Requirement:
Repeat the stretch of entries below from the line with "(outcomes_by self.old.format (calls" through the line with "lanes.len() <= lane". Include both ends and add nothing.

Data under study:
******

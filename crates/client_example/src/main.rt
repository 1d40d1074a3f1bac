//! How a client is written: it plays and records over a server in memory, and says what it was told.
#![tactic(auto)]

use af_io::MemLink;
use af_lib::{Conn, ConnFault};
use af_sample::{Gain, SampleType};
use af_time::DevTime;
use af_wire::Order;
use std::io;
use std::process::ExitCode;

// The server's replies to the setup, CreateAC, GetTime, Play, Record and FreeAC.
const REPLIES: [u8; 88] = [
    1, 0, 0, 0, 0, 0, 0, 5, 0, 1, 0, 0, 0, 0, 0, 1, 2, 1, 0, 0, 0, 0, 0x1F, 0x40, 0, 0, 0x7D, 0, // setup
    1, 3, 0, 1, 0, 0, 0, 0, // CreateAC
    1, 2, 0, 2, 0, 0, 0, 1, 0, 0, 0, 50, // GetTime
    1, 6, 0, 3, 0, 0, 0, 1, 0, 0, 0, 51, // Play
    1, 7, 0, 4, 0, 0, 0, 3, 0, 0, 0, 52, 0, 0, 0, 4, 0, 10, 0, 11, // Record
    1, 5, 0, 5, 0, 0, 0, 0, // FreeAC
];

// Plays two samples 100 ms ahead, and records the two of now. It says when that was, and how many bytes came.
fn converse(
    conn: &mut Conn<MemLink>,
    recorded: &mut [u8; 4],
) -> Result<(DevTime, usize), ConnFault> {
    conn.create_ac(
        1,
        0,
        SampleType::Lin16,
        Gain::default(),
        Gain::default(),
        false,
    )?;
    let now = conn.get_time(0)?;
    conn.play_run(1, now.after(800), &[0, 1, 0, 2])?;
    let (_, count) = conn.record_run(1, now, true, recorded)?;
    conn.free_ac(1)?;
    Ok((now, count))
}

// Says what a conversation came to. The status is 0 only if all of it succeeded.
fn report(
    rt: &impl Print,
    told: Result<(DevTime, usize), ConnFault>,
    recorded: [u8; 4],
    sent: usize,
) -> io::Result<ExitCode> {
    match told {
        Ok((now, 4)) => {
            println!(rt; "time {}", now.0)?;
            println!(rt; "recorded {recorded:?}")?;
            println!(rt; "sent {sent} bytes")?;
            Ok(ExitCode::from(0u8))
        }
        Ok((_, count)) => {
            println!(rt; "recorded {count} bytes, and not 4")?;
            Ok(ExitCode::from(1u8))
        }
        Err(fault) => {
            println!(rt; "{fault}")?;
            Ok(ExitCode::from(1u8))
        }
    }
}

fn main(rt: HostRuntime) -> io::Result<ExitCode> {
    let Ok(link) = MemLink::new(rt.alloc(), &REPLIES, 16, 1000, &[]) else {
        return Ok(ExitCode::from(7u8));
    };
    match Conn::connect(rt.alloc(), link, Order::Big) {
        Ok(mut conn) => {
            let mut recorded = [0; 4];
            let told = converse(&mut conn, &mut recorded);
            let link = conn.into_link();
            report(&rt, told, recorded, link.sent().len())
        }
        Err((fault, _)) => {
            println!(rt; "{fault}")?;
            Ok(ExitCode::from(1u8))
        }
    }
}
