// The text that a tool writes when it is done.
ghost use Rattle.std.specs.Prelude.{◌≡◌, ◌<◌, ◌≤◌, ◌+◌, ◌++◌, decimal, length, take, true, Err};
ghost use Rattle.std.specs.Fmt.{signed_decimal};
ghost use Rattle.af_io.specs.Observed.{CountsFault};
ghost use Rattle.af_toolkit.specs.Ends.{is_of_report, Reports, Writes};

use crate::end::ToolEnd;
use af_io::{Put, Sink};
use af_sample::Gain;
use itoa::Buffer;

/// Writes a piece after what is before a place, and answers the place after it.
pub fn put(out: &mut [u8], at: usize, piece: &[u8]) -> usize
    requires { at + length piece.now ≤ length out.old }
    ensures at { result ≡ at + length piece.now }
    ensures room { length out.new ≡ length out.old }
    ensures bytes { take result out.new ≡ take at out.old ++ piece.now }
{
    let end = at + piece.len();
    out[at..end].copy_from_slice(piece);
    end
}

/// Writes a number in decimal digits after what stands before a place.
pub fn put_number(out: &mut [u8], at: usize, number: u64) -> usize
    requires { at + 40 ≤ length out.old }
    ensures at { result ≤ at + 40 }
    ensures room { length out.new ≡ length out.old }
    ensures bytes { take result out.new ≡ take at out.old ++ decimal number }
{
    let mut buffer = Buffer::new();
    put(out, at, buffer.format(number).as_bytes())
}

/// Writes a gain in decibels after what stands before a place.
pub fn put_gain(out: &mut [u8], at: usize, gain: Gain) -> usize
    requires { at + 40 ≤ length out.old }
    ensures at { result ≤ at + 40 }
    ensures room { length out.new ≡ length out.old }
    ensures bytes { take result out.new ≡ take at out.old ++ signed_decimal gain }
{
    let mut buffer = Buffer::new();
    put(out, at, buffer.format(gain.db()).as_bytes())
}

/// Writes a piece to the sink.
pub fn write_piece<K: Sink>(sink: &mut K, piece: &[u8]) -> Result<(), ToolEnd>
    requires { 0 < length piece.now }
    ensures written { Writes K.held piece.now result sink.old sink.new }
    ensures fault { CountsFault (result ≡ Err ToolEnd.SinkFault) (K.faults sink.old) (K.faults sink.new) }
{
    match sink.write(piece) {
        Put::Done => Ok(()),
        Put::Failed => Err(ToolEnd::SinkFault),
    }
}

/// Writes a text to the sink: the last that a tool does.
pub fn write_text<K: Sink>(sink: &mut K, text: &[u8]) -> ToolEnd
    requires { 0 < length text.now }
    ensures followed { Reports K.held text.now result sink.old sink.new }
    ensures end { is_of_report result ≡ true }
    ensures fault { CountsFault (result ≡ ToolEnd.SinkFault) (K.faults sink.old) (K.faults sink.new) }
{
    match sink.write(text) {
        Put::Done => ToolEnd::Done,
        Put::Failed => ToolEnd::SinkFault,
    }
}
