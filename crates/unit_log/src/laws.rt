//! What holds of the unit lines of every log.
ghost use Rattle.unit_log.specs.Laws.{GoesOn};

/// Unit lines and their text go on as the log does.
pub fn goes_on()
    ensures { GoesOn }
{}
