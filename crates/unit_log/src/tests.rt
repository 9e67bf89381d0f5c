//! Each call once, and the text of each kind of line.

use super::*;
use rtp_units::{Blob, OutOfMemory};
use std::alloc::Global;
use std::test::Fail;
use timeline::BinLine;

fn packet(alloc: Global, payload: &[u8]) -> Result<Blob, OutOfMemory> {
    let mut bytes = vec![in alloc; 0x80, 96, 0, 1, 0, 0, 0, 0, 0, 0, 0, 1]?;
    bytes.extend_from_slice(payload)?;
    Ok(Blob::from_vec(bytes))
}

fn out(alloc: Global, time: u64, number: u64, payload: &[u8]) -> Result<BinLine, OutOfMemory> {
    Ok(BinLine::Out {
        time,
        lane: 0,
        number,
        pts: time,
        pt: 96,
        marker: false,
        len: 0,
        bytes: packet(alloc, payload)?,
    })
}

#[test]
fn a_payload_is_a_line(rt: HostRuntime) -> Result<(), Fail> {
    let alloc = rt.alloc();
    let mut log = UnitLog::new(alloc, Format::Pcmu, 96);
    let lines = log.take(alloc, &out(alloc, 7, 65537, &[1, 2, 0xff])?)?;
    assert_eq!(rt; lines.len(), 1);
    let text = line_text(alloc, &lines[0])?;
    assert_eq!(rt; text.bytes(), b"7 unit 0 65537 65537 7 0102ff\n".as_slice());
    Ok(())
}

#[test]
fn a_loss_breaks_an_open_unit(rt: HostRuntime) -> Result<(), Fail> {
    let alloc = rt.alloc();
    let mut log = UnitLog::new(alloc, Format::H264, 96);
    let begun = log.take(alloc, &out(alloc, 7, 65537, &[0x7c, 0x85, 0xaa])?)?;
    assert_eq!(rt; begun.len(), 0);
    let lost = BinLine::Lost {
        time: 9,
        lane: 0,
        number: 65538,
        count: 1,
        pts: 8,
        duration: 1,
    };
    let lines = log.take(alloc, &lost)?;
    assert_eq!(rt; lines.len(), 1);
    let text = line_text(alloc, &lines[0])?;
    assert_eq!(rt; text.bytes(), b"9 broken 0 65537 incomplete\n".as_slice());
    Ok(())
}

******

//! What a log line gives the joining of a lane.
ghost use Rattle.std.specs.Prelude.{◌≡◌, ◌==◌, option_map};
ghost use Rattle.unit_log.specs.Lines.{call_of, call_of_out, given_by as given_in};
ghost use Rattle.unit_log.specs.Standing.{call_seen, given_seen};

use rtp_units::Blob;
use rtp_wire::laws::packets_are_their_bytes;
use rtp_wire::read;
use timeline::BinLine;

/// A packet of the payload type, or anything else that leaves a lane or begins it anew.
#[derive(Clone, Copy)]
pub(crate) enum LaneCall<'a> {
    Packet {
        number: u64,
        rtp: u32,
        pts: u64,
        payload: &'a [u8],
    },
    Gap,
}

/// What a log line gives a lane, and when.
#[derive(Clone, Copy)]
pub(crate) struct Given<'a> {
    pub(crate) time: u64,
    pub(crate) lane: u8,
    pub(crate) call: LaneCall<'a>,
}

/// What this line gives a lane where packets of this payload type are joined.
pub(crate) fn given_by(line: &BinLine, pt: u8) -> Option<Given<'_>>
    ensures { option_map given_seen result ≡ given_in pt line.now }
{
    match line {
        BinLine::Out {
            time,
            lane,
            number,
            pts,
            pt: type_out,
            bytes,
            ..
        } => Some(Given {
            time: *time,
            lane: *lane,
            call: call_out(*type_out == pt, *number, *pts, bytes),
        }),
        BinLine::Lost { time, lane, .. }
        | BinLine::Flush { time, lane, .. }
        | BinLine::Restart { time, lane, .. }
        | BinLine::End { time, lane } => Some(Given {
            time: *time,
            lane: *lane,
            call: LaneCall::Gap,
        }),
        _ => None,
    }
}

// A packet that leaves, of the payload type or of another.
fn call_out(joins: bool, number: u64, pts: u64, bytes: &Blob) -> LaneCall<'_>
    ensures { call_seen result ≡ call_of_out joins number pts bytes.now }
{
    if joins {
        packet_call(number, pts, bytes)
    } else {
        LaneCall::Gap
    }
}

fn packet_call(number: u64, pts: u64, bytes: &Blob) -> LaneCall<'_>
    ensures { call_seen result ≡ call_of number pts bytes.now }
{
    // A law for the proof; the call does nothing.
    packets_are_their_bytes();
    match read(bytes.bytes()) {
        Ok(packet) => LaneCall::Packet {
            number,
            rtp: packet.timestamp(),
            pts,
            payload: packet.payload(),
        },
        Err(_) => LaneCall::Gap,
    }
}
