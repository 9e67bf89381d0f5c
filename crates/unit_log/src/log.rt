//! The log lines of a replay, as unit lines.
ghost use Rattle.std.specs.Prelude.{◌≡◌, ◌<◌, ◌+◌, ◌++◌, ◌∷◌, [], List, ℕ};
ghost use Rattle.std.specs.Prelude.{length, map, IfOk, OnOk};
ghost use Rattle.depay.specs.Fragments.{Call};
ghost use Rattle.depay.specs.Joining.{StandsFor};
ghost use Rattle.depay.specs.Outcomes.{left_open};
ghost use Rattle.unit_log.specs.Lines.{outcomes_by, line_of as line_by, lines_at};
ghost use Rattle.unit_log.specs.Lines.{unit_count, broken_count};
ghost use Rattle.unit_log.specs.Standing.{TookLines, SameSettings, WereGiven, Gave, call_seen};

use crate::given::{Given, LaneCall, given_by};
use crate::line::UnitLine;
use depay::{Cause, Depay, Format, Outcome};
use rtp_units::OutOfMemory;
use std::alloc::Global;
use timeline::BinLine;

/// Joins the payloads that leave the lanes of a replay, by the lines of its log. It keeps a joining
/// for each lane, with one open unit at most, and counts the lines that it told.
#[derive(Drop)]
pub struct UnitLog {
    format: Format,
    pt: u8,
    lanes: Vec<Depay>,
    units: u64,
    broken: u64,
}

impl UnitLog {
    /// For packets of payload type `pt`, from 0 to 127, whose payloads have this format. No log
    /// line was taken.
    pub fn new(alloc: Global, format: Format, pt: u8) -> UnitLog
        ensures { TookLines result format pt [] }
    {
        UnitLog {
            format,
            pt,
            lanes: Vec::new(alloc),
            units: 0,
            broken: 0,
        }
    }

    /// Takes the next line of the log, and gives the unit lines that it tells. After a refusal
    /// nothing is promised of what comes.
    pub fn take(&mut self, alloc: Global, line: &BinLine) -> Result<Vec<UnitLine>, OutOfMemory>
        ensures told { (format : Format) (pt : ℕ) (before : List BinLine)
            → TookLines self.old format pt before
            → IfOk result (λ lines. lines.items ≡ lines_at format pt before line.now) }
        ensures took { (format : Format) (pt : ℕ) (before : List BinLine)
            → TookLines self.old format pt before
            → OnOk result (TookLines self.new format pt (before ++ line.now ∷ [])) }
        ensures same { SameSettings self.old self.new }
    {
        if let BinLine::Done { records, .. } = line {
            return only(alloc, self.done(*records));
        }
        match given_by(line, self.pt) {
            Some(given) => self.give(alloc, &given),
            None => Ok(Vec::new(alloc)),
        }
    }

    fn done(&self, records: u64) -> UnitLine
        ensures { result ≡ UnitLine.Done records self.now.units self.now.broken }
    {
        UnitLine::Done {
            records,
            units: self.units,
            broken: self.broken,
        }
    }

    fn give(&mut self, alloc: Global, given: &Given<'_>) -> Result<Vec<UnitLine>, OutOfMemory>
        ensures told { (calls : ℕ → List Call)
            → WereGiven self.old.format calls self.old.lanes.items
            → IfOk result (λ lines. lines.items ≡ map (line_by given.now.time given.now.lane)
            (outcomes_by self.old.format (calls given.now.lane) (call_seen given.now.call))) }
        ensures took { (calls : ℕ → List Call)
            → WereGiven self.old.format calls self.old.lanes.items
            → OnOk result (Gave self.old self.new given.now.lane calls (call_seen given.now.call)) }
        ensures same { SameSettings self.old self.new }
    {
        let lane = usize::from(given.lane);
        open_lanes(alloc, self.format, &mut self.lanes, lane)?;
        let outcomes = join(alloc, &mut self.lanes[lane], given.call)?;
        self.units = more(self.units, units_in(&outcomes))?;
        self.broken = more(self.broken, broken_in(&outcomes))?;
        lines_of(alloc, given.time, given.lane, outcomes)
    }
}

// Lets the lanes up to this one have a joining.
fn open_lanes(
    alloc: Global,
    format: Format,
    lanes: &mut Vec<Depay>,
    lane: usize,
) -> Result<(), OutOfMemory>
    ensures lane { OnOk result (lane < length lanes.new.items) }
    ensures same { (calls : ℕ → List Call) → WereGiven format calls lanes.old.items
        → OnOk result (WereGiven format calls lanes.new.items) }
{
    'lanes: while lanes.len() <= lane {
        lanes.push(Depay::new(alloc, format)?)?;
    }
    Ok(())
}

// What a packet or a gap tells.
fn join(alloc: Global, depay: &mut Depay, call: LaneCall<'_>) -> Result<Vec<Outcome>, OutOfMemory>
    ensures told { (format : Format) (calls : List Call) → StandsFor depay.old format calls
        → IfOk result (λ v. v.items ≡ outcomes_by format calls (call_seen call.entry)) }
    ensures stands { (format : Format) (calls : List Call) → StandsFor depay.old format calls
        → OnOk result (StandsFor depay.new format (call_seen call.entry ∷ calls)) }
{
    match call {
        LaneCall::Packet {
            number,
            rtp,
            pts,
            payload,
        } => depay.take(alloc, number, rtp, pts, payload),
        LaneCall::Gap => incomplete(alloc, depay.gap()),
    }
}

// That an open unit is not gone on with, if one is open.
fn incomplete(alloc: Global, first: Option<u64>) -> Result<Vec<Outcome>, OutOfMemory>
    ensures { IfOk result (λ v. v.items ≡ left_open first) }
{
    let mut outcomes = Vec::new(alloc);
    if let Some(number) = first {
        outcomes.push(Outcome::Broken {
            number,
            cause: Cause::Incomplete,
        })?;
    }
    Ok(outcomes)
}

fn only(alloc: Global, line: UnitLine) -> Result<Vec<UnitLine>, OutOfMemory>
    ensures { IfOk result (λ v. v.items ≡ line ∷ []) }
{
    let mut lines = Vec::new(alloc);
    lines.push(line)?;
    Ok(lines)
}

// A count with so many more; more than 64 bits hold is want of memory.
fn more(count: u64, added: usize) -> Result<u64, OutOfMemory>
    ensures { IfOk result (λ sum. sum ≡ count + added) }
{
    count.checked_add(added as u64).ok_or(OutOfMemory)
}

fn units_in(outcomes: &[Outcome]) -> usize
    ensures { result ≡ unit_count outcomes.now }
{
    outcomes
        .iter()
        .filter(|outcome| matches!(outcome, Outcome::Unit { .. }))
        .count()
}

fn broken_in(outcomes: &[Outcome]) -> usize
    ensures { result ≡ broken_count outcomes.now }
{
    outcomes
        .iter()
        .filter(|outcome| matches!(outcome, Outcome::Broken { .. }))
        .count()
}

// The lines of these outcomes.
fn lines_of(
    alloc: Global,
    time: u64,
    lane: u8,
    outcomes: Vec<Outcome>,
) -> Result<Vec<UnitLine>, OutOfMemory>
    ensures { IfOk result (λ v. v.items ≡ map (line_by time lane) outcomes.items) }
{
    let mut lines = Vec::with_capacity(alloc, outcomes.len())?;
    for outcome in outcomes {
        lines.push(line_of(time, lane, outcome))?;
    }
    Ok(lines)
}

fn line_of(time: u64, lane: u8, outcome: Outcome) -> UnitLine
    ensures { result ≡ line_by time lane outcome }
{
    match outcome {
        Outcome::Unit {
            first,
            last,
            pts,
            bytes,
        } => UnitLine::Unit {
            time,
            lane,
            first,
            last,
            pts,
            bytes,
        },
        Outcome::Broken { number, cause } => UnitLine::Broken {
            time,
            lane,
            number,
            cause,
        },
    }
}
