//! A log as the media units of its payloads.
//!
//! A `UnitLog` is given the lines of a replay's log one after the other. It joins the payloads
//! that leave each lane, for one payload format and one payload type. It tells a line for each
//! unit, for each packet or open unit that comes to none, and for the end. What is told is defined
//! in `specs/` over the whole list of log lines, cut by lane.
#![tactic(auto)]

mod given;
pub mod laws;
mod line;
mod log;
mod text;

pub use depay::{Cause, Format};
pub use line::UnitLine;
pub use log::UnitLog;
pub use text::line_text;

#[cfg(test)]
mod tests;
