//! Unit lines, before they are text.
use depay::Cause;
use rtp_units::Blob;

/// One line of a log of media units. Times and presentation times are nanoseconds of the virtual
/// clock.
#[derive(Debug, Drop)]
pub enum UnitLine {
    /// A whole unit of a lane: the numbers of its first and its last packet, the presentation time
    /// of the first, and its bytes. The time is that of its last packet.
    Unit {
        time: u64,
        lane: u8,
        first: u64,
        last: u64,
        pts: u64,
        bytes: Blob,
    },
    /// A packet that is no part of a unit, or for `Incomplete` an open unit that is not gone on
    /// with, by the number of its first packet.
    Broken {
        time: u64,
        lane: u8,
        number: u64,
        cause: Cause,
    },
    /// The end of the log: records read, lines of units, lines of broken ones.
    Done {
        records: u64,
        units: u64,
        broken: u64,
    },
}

******

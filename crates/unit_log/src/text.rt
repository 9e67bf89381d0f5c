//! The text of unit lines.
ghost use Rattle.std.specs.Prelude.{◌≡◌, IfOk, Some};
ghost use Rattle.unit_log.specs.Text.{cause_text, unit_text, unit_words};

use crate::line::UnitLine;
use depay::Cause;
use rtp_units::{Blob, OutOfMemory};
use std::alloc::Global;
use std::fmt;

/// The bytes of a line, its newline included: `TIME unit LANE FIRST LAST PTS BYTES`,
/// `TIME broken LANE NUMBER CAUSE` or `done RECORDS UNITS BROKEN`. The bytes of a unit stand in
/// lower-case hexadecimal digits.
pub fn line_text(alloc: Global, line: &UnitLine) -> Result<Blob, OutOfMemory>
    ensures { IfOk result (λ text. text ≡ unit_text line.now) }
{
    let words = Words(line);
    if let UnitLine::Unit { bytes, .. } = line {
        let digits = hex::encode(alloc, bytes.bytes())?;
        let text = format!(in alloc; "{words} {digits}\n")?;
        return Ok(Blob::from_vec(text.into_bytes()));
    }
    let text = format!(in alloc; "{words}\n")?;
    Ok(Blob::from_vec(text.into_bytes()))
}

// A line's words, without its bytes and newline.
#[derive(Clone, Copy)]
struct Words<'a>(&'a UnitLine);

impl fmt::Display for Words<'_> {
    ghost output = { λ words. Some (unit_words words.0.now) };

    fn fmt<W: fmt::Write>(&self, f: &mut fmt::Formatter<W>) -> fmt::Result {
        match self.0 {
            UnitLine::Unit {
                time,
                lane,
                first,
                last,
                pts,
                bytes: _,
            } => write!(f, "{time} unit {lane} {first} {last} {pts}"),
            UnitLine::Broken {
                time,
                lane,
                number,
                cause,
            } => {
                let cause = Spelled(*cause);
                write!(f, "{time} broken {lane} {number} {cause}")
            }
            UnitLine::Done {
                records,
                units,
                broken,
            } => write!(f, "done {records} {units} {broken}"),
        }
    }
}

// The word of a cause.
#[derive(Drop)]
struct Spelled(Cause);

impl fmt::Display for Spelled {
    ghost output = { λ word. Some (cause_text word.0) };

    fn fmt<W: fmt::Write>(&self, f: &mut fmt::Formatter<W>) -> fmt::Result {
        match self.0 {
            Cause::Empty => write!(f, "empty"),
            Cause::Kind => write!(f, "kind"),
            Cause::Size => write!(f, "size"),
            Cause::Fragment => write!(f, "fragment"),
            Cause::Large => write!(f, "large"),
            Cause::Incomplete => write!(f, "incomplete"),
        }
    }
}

******

Task answer:
            (outcomes_by self.old.format (calls given.now.lane) (call_seen given.now.call))) }
        ensures took { (calls : ℕ → List Call)
            → WereGiven self.old.format calls self.old.lanes.items
            → OnOk result (Gave self.old self.new given.now.lane calls (call_seen given.now.call)) }
        ensures same { SameSettings self.old self.new }
    {
        let lane = usize::from(given.lane);
        open_lanes(alloc, self.format, &mut self.lanes, lane)?;
        let outcomes = join(alloc, &mut self.lanes[lane], given.call)?;
        self.units = more(self.units, units_in(&outcomes))?;
        self.broken = more(self.broken, broken_in(&outcomes))?;
        lines_of(alloc, given.time, given.lane, outcomes)
    }
}

// Lets the lanes up to this one have a joining.
fn open_lanes(
    alloc: Global,
    format: Format,
    lanes: &mut Vec<Depay>,
    lane: usize,
) -> Result<(), OutOfMemory>
    ensures lane { OnOk result (lane < length lanes.new.items) }
    ensures same { (calls : ℕ → List Call) → WereGiven format calls lanes.old.items
        → OnOk result (WereGiven format calls lanes.new.items) }
{
    'lanes: while lanes.len() <= lane {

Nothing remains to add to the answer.